By the Hearing Officer:
/s/ Alina Kantor Nir
Alina Kantor Nir
Dated: December 16, 2024
[1] See Blank v. Chelmsford Ob/Gyn, P.C., 420 Mass. 404, 407 (1995).
[2] Via email dated December 13, 2024, the District requested an advancement of the hearing date due to witness unavailability.
[3] Iannocchino v. Ford Motor Co., 451 Mass. 623, 636 (2008) (quoting Bell Atl. Corp. v. Twombly, 550 U.S. 544, 557 (2007)).
[4] Blank v. Chelmsford Ob/Gyn, P.C., 420 Mass. 404, 407 (1995).
[5] Golchin v. Liberty Mut. Ins. Co., 460 Mass. 222, 223 (2011) (internal quotation marks and citations omitted).
[6] See 20 U.S.C. §1415(b)(6)(A); 34 CFR §300.507(a); M.G.L. c71B, §2A(a)(i); 603 CMR §28.03.
[7] See 20 U.S.C. §1415(b)(6)(B); 34 CFR §507(a)(2).
[8] See 603 CMR §28.03.
[9] See In Re: Student v. Bay Path Reg’l Vocational Tech. High Sch., BSEA # 18-05746 (Figueroa, 2018).

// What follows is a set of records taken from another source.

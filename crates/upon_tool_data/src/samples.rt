// The contexts that a check is made on: one for each file of data that has no key.
ghost use Rattle.std.specs.Prelude.{◌≡◌, ◌∷◌, IfOk, map};
ghost use Rattle.upon_types.specs.View.{view};
ghost use Rattle.upon_tool_data.specs.Words.{has_key};
ghost use Rattle.upon_tool_data.specs.Samples.{each_or_one, sample_files, with_key, without_key, AreSamples};

use crate::context::context;
use crate::fault::ContextFault;
use crate::words::{DataWords, asks_again, key_and_file};
use std::alloc::{AllocError, Global};
use std::io::Read;
use upon_tool_io::sources::Sources;
use upon_types::value::Value;

/// Returns the contexts that the words of a call say, one for each word of `--data` without a key: the one that
/// [`context`](crate::context::context) returns for this word and those that have keys, with all other words. Without
/// such a word there is one context.
///
/// The error says which file or word gives no context; it is `InputTwice` if standard input would be put at a key of
/// several contexts.
pub fn samples<'a, R: Sources + AllocGlobal, I: Read>(
    rt: &R,
    words: &DataWords<'a, '_>,
    input: &mut I,
) -> Result<Vec<Value>, ContextFault<'a>>
    ensures { IfOk result (λ all. AreSamples (R.world rt.now) words.now (sample_files words.now.files.now)
        (I.remaining input.old) (map view all.items) (I.remaining input.new)) }
{
    let alloc = rt.alloc();
    let (alone, keyed) = parted(alloc, words.files)?;
    if alone.len() > 1 && asks_again(true, keyed.as_slice()) {
        return Err(ContextFault::InputTwice);
    }
    let groups = groups_of(alloc, alone.as_slice(), keyed)?;
    read_each(rt, words, groups.as_slice(), input)
}

// The contexts by the words of files of each.
fn read_each<'a, R: Sources + AllocGlobal, I: Read>(
    rt: &R,
    words: &DataWords<'a, '_>,
    groups: &[Vec<&'a str>],
    input: &mut I,
) -> Result<Vec<Value>, ContextFault<'a>>
    ensures { IfOk result (λ all. AreSamples (R.world rt.now) words.now (map (λ group. group.items) groups.now)
        (I.remaining input.old) (map view all.items) (I.remaining input.new)) }
{
    let mut all = Vec::new(rt.alloc());
    for group in groups {
        let files = group.as_slice();
        let one = DataWords { files, ..*words };
        all.push(context(rt, &one, input)?)?;
    }
    Ok(all)
}

// The words of the files of each context, by those without a key and those with one.
fn groups_of<'a>(
    alloc: Global,
    alone: &[&'a str],
    keyed: Vec<&'a str>,
) -> Result<Vec<Vec<&'a str>>, AllocError>
    ensures { IfOk result
        (λ groups. map (λ group. group.items) groups.items ≡ each_or_one alone.now keyed.entry.items) }
{
    if !alone.is_empty() {
        return each_with(alloc, alone, keyed.as_slice());
    }
    let mut groups = Vec::with_capacity(alloc, 1)?;
    groups.push(keyed)?;
    Ok(groups)
}

// Each of some words, and others after it.
fn each_with<'a>(
    alloc: Global,
    words: &[&'a str],
    others: &[&'a str],
) -> Result<Vec<Vec<&'a str>>, AllocError>
    ensures { IfOk result
        (λ groups. map (λ group. group.items) groups.items ≡ map (λ word. word ∷ others.now) words.now) }
{
    let mut groups = Vec::with_capacity(alloc, words.len())?;
    for word in words {
        let mut group = Vec::with_capacity(alloc, others.len().saturating_add(1))?;
        group.push(*word)?;
        group.extend_from_slice(others)?;
        groups.push(group)?;
    }
    Ok(groups)
}

// The words without a key, and those with one.
fn parted<'a>(alloc: Global, words: &[&'a str]) -> Result<(Vec<&'a str>, Vec<&'a str>), AllocError>
    ensures alone { IfOk result (λ parted. parted.0.items ≡ without_key words.now) }
    ensures keyed { IfOk result (λ parted. parted.1.items ≡ with_key words.now) }
{
    let mut alone = Vec::new(alloc);
    let mut keyed = Vec::new(alloc);
    for word in words {
        if has_key(word) {
            keyed.push(*word)?;
        } else {
            alone.push(*word)?;
        }
    }
    Ok((alone, keyed))
}

// Whether a word has a key.
fn has_key(word: &str) -> bool
    ensures { result ≡ has_key word.now }
{
    key_and_file(word).0.is_some()
}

[10] See In Re: Littleton Public Schools (Ruling on Parents’ Motion for Summary Judgment and School’s Motion to Dismiss), BSEA # 2009921 (Berman, 2020) (“In the context of a BSEA proceeding, a hearing request may be dismissed as moot if the party against whom the hearing request was filed grants all of the relief sought in the hearing request”); see also Nashoba Regional School District (Ruling), BSEA # 1906261(Byrne, 2019) (where on the first day of hearing, the district offered an IEP with “the requisite substantive elements to permit an immediate parental decision and the associated school placement” which the parents had sought in the due process complaint, there was nothing for the hearing officer to award that the district was not already offering, making the case moot).
[11] Blank, 420 Mass. at 407.
[12] See Erickson v. Pardus, 551 U.S. 89, 94 (2007) (court must hold a pro se complaint “to less stringent standards than formal pleadings drafted by lawyers”) (internal quotation marks omitted) (quoting Estelle v. Gamble, 429 U.S. 97, 106 (1976)). See also Fed. R. Civ. P. 8(e) (“Pleadings must be construed so as to do justice”).
[13] See Alexandra R. ex rel. Burke v. Brookline Sch. Dist., No. CIV. 06-CV-0215-JL, 2009 WL 2957991, at *2 (D.N.H. Sept. 10, 2009) (“State and federal law also establish safeguards that apply to due process hearings, including ‘the right to present evidence and confront, cross-examine and compel the attendance of witnesses’”) (citing 20 U.S.C. § 1415(h)(2)).